### Data to process
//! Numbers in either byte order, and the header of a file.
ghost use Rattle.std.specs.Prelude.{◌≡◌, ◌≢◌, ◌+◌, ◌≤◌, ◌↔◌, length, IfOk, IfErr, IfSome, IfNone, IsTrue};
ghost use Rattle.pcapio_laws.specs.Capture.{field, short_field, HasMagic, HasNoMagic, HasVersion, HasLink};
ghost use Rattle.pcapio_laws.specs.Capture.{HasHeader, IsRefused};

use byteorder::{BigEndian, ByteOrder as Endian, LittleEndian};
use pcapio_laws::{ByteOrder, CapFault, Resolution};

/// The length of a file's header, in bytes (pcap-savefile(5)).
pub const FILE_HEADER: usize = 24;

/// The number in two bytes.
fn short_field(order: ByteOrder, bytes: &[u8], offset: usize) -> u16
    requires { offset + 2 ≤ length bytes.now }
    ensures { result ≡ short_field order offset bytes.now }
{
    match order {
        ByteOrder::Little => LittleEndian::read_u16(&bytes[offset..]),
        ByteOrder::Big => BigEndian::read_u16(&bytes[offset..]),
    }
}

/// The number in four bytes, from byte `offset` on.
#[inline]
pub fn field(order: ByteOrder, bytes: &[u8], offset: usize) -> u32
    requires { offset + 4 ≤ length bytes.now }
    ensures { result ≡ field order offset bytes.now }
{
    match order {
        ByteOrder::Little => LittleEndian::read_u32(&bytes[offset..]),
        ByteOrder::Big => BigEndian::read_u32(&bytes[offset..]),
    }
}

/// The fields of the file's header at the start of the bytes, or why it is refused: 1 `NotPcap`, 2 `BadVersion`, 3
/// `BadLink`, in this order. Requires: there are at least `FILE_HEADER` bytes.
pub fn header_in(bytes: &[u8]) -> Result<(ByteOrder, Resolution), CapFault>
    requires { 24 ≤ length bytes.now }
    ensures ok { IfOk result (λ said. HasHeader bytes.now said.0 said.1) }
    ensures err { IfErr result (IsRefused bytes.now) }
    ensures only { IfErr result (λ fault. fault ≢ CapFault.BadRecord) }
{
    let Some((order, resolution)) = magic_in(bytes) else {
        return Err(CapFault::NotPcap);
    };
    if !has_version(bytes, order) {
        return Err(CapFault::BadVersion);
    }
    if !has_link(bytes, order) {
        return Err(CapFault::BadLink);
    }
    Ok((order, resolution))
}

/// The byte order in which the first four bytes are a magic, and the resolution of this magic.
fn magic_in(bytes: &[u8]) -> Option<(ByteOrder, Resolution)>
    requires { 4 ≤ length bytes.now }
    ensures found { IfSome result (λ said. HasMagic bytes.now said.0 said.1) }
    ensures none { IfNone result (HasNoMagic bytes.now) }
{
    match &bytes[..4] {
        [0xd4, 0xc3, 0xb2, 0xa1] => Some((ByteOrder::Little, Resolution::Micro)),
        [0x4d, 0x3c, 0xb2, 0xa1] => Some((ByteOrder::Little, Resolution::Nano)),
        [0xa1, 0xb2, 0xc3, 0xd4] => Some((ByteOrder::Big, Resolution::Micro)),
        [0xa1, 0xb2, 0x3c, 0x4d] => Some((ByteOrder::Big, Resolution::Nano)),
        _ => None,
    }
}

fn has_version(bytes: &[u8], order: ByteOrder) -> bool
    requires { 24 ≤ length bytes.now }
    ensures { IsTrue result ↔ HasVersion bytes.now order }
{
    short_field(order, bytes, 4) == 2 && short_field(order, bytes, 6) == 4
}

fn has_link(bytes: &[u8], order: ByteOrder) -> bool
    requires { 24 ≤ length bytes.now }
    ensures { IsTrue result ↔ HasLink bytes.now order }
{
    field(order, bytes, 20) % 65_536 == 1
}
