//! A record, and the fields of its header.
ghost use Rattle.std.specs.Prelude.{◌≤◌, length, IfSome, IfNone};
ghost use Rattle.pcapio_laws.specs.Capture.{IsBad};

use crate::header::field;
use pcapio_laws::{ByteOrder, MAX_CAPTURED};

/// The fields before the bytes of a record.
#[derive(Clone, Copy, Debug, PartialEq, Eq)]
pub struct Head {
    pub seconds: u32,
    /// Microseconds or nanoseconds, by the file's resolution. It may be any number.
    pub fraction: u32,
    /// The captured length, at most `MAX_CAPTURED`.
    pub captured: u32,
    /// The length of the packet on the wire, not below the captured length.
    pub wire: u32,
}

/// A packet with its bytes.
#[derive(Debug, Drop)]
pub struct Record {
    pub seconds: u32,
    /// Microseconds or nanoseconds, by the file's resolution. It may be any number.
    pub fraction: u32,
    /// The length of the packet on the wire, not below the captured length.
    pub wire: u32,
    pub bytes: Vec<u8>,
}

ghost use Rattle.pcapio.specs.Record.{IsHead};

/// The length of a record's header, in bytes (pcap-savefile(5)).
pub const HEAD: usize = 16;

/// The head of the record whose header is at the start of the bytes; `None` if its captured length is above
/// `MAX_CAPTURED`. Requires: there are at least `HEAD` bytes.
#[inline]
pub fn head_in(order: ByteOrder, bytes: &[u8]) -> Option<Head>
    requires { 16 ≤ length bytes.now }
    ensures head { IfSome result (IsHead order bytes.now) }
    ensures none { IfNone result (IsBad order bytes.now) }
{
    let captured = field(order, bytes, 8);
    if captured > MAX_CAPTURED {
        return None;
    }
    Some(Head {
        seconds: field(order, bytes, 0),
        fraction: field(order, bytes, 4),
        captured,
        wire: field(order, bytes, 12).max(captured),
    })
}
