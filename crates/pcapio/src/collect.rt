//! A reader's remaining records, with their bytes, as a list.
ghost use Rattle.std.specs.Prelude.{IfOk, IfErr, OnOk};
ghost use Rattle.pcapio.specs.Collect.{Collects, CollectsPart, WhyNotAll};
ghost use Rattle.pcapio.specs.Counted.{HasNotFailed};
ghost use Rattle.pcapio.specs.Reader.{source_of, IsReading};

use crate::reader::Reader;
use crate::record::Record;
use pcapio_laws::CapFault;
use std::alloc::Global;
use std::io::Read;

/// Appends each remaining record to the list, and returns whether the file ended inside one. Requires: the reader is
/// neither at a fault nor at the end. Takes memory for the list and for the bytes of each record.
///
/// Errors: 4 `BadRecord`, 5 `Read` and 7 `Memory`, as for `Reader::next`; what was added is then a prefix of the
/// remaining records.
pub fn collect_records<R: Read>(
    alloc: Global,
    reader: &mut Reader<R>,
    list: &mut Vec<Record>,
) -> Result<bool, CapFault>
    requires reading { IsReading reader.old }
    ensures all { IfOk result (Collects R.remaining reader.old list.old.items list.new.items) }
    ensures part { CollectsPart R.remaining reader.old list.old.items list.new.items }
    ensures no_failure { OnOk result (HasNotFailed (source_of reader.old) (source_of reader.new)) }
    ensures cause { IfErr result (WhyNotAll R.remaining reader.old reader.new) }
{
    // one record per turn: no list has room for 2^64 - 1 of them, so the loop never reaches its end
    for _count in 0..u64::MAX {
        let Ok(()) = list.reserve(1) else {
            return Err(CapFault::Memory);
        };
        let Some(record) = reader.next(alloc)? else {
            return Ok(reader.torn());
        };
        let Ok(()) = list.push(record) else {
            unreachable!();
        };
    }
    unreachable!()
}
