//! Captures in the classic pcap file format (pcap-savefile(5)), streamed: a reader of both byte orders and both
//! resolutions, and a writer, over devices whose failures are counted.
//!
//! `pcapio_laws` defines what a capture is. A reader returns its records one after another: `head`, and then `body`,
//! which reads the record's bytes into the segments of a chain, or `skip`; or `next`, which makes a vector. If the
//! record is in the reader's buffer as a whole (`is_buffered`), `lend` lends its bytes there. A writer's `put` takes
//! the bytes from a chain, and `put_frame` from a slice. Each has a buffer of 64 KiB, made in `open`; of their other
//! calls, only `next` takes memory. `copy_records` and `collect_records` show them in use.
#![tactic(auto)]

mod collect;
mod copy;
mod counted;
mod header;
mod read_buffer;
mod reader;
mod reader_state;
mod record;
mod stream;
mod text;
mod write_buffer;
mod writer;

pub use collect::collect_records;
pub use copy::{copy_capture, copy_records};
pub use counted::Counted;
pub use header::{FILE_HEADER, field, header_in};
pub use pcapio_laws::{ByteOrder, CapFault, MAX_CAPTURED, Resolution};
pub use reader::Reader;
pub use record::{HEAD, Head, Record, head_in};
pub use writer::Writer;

### What the exercise asks
Restate, word for word, the listing above from its first line through the line that contains "pub fn header_in(bytes: &[u8])", keeping both of those lines.

### Written solution
//! Numbers in either byte order, and the header of a file.
ghost use Rattle.std.specs.Prelude.{◌≡◌, ◌≢◌, ◌+◌, ◌≤◌, ◌↔◌, length, IfOk, IfErr, IfSome, IfNone, IsTrue};
ghost use Rattle.pcapio_laws.specs.Capture.{field, short_field, HasMagic, HasNoMagic, HasVersion, HasLink};
ghost use Rattle.pcapio_laws.specs.Capture.{HasHeader, IsRefused};

use byteorder::{BigEndian, ByteOrder as Endian, LittleEndian};
use pcapio_laws::{ByteOrder, CapFault, Resolution};

/// The length of a file's header, in bytes (pcap-savefile(5)).
pub const FILE_HEADER: usize = 24;

/// The number in two bytes.
fn short_field(order: ByteOrder, bytes: &[u8], offset: usize) -> u16
    requires { offset + 2 ≤ length bytes.now }
    ensures { result ≡ short_field order offset bytes.now }
{
    match order {
        ByteOrder::Little => LittleEndian::read_u16(&bytes[offset..]),
        ByteOrder::Big => BigEndian::read_u16(&bytes[offset..]),
    }
}

/// The number in four bytes, from byte `offset` on.
#[inline]
pub fn field(order: ByteOrder, bytes: &[u8], offset: usize) -> u32
    requires { offset + 4 ≤ length bytes.now }
    ensures { result ≡ field order offset bytes.now }
{
    match order {
        ByteOrder::Little => LittleEndian::read_u32(&bytes[offset..]),
        ByteOrder::Big => BigEndian::read_u32(&bytes[offset..]),
    }
}

/// The fields of the file's header at the start of the bytes, or why it is refused: 1 `NotPcap`, 2 `BadVersion`, 3
/// `BadLink`, in this order. Requires: there are at least `FILE_HEADER` bytes.
pub fn header_in(bytes: &[u8]) -> Result<(ByteOrder, Resolution), CapFault>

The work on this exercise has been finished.